··· INFORMATION SUPPLIED ···
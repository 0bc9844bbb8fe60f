//! The dynamic symbol that an entry refers to.
ghost use Rattle.std.specs.Prelude.{◌≡◌, ◌+◌, ◌*◌, ℕ, List, IfSome};
ghost use Rattle.elf_model.specs.ImageItems.{is_looked_up};
ghost use Rattle.elf_model.specs.LoaderScope.{segment_symbols};
ghost use Rattle.elf_model.specs.Tables.{SYMBOL_SIZE};
ghost use Rattle.elf_record.specs.Sym.{IsSym};
ghost use Rattle.elf_table.specs.Ledger.{CallDid, fault_of_result};
ghost use Rattle.elf_image.specs.Relocated.{AreEntrySymbols, ReadsAfter, located_symbol_checks};
ghost use Rattle.elf_image.specs.Within.{IsTableWithin};

use elf_record::numbers::STB_LOCAL;
use elf_record::{Cause, Sym};
use elf_source::{Counted, Source};
use elf_table::{Fault, Table, refused};

/// The visibility of a symbol that other objects may refer to and define (gABI 4, Symbol
/// Visibility).
const STV_DEFAULT: u8 = 0;
/// The visibility of a symbol that other objects may refer to.
const STV_PROTECTED: u8 = 3;

/// Returns symbol 0, which has no fields.
pub(crate) fn no_symbol() -> Sym {
    Sym {
        st_value: 0,
        st_size: 0,
        st_name: 0,
        st_shndx: 0,
        st_info: 0,
        st_other: 0,
    }
}

/// Reads the symbol of an index, to which the entry at the file offset `at` refers.
///
/// # Errors
/// Returns `BadLink` at `at` without a symbol table, `SymbolIndex` there if it has no symbol of the
/// index. A fault of the read, or the refusal `Budget`, points to the symbol.
pub(crate) fn read_symbol<S: Source>(
    src: &mut Counted<S>,
    symbols: Option<Table>,
    index: u32,
    at: u64,
) -> Result<Sym, Fault>
    requires { IfSome symbols (IsTableWithin 24 src.old.seen.size) }
    ensures { CallDid src.old src.new (fault_of_result result) 24 (λ file. (header : ℕ) →
        AreEntrySymbols file header symbols →
        ReadsAfter (located_symbol_checks file header at index)
        (IsSym file ((segment_symbols file header).0 + SYMBOL_SIZE * index)) result) }
{
    let Some(table) = symbols else {
        return refused(at, Cause::BadLink);
    };
    let index = u64::from(index);
    if index >= table.len() {
        return refused(at, Cause::SymbolIndex);
    }
    table.symbol(src, index)
}

/// Returns `true` if a loader looks a symbol up in all objects: it is not local, and its visibility
/// is DEFAULT or PROTECTED (gABI 4, Symbol Binding).
pub(crate) fn is_looked_up(symbol: &Sym) -> bool
    ensures { (file : List ℕ) (at : ℕ) → IsSym file at symbol.now →
        result ≡ is_looked_up file at }
{
    let visibility = symbol.visibility();
    symbol.binding() != STB_LOCAL && (visibility == STV_DEFAULT || visibility == STV_PROTECTED)
}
···
- EXERCISE: Please copy the whole of the material exactly as written.

- ANSWER FOR THE TASK:
repository 0bc9844bbb8fe60f
//! The dynamic symbol that an entry refers to.
ghost use Rattle.std.specs.Prelude.{◌≡◌, ◌+◌, ◌*◌, ℕ, List, IfSome};
ghost use Rattle.elf_model.specs.ImageItems.{is_looked_up};
ghost use Rattle.elf_model.specs.LoaderScope.{segment_symbols};
ghost use Rattle.elf_model.specs.Tables.{SYMBOL_SIZE};
ghost use Rattle.elf_record.specs.Sym.{IsSym};
ghost use Rattle.elf_table.specs.Ledger.{CallDid, fault_of_result};
ghost use Rattle.elf_image.specs.Relocated.{AreEntrySymbols, ReadsAfter, located_symbol_checks};
ghost use Rattle.elf_image.specs.Within.{IsTableWithin};

use elf_record::numbers::STB_LOCAL;
use elf_record::{Cause, Sym};
use elf_source::{Counted, Source};
use elf_table::{Fault, Table, refused};

/// The visibility of a symbol that other objects may refer to and define (gABI 4, Symbol
/// Visibility).
const STV_DEFAULT: u8 = 0;
/// The visibility of a symbol that other objects may refer to.
const STV_PROTECTED: u8 = 3;

/// Returns symbol 0, which has no fields.
pub(crate) fn no_symbol() -> Sym {
    Sym {
        st_value: 0,
        st_size: 0,
        st_name: 0,
        st_shndx: 0,
        st_info: 0,
        st_other: 0,
    }
}

/// Reads the symbol of an index, to which the entry at the file offset `at` refers.
///
/// # Errors
/// Returns `BadLink` at `at` without a symbol table, `SymbolIndex` there if it has no symbol of the
/// index. A fault of the read, or the refusal `Budget`, points to the symbol.
pub(crate) fn read_symbol<S: Source>(
    src: &mut Counted<S>,
    symbols: Option<Table>,
    index: u32,
    at: u64,
) -> Result<Sym, Fault>
    requires { IfSome symbols (IsTableWithin 24 src.old.seen.size) }
    ensures { CallDid src.old src.new (fault_of_result result) 24 (λ file. (header : ℕ) →
        AreEntrySymbols file header symbols →
        ReadsAfter (located_symbol_checks file header at index)
        (IsSym file ((segment_symbols file header).0 + SYMBOL_SIZE * index)) result) }
{
    let Some(table) = symbols else {
        return refused(at, Cause::BadLink);
    };
    let index = u64::from(index);
    if index >= table.len() {
        return refused(at, Cause::SymbolIndex);
    }
    table.symbol(src, index)
}

/// Returns `true` if a loader looks a symbol up in all objects: it is not local, and its visibility
/// is DEFAULT or PROTECTED (gABI 4, Symbol Binding).
pub(crate) fn is_looked_up(symbol: &Sym) -> bool
    ensures { (file : List ℕ) (at : ℕ) → IsSym file at symbol.now →
        result ≡ is_looked_up file at }
{
    let visibility = symbol.visibility();
    symbol.binding() != STB_LOCAL && (visibility == STV_DEFAULT || visibility == STV_PROTECTED)
}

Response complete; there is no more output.